Viewership and ratings per episode of Extracted
| No. | Title | Air date | Rating/share (18–49) | Viewers (millions) | DVR (18–49) | DVR viewers (millions) | Total (18–49) | Total viewers (millions) | Ref. |
|---|---|---|---|---|---|---|---|---|---|
| 1 | "Survive the Night" | February 10, 2025 | 0.4/5 | 1.91 | 0.1 | 0.46 | 0.5 | 2.37 |  |
| 2 | "Gimme Shelter" | February 17, 2025 | 0.2/3 | 1.46 | 0.1 | 0.44 | 0.3 | 1.90 |  |
| 3 | "The Hunt" | February 24, 2025 | 0.3/4 | 1.67 | 0.1 | 0.42 | 0.4 | 2.09 |  |
| 4 | "Surviving the Storm" | March 3, 2025 | 0.2/3 | 1.68 | 0.1 | 0.48 | 0.3 | 2.16 |  |
| 5 | "Burn Before Reading" | March 10, 2025 | 0.2/3 | 1.46 | 0.1 | 0.46 | 0.3 | 1.91 |  |
| 6 | "The Game Has Changed" | March 24, 2025 | 0.2/3 | 1.40 | 0.1 | 0.51 | 0.3 | 1.91 |  |
| 7 | "Family vs.
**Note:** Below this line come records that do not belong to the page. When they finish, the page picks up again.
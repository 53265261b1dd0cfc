//! Whole runs of the program, over desks and streams of its own.

use dh_ports::{DeskFails, Feed, MemDesk, MemFeed, MemSink, OpenGate, Silent, Sink, are_short};
use dh_streams::{Source, Target};
use dh_syntax::{Bytes, Many};
use dh_top::run_program;
use std::alloc::{AllocError, Global};
use std::env::Args;
use std::io;
use std::io::ErrorKind;
use std::process::ExitCode;
use std::sync::Wait;
use std::test::Fail;
use std::thread::Threads;

fn args_of(alloc: Global, words: &[&str]) -> Result<Args, AllocError> {
    let mut args = Vec::new(alloc);
    for word in words {
        args.push(String::from_str(alloc, word)?)?;
    }
    Ok(args.into_iter())
}

/// Runs the program with one desk, outside of which nothing is.
fn run<R: Threads + Wait + Sync, I: Feed, O: Sink, E: Sink>(
    rt: &R,
    alloc: Global,
    args: io::Result<Args>,
    input: &mut I,
    out: &mut O,
    err: &mut E,
) -> Result<ExitCode, AllocError> {
    let fails = DeskFails {
        fetch: Many::new(alloc),
        look: Many::new(alloc),
        keep: Many::new(alloc),
    };
    let contents = Many::new(alloc);
    if !are_short(&contents) {
        return Err(AllocError);
    }
    let mut desks = vec![in alloc; MemDesk::new(alloc, contents, Many::new(alloc), fails)]?;
    if desks.is_empty() {
        return Err(AllocError);
    }
    Ok(run_program::<R, Silent, MemDesk, I, O, E, OpenGate>(
        rt, alloc, args, &mut desks, &OpenGate, input, out, err,
    ))
}

#[test]
fn words_and_streams_are_those_of_the_program(rt: HostRuntime) -> Result<(), Fail> {
    let rows: [(&[&str], &[u8], &str, u8); 5] = [
        (&["dhall", "encode"], &[0x82, 15, 7], "", 0),
        (&["dhall", "resolve"], b"7\n", "", 0),
        (&["encode", "dhall"], b"", "usage: word 1\n", 5),
        (&["dhall"], b"", "usage: word 1\n", 5),
        (&[], b"", "usage: word 1\n", 5),
    ];
    for (words, out, err, status) in rows {
        let alloc = rt.alloc();
        let (mut written, mut told) = (Vec::new(alloc), Vec::new(alloc));
        let code = run(
            &rt,
            alloc,
            Ok(args_of(alloc, words)?),
            &mut Source::new(b"7".as_slice()),
            &mut Target::new(&mut written),
            &mut Target::new(&mut told),
        )?;
        assert_eq!(rt; written.as_slice(), out);
        assert_eq!(rt; told.as_slice(), err.as_bytes());
        assert_eq!(rt; code, ExitCode::from(status));
    }
    Ok(())
}

#[test]
fn words_that_are_not_told(rt: HostRuntime) -> Result<(), Fail> {
    let rows = [
        (ErrorKind::InvalidData, "usage: word 1\n", 5),
        (ErrorKind::OutOfMemory, "out of memory\n", 9),
    ];
    for (kind, line, status) in rows {
        let alloc = rt.alloc();
        let bytes = Bytes::of(Vec::from_slice(alloc, b"7")?);
        let mut input = MemFeed::new(alloc, bytes, Many::new(alloc));
        let mut out = MemSink::new(alloc, Many::new(alloc));
        let mut err = MemSink::new(alloc, Many::new(alloc));
        let args = Err(io::Error::from(kind));
        let code = run(&rt, alloc, args, &mut input, &mut out, &mut err)?;
        assert_eq!(rt; out.written_bytes(), b"".as_slice());
        assert_eq!(rt; err.written_bytes(), line.as_bytes());
        assert_eq!(rt; code, ExitCode::from(status));
    }
    Ok(())
}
Family" | March 31, 2025 | 0.2/3 | 1.53 | TBD | TBD | TBD | TBD |  |
| 8 | "Mystery Box" | April 7, 2025 | 0.2/3 | 1.37 | TBD | TBD | TBD | TBD |  |
| 9 | "Banished" | April 14, 2025 | 0.2/3 | 1.22 | TBD | TBD | TBD | TBD |  |
| 10 | "The Final Drop" | April 21, 2025 | 0.2/3 | 1.44 | TBD | TBD | TBD | TBD |  |

==Production==
The series pickup was announced on May 13, 2024, at Fox's upfronts, with its premiere date of February 10, 2025, divulged on December 2. The competitors and teams were revealed the next month on January 14, 2025.

On May 10, 2025, Fox renewed the show for a second season, which premiered on January 26, 2026. The competitors and teams were revealed on December 16, 2025.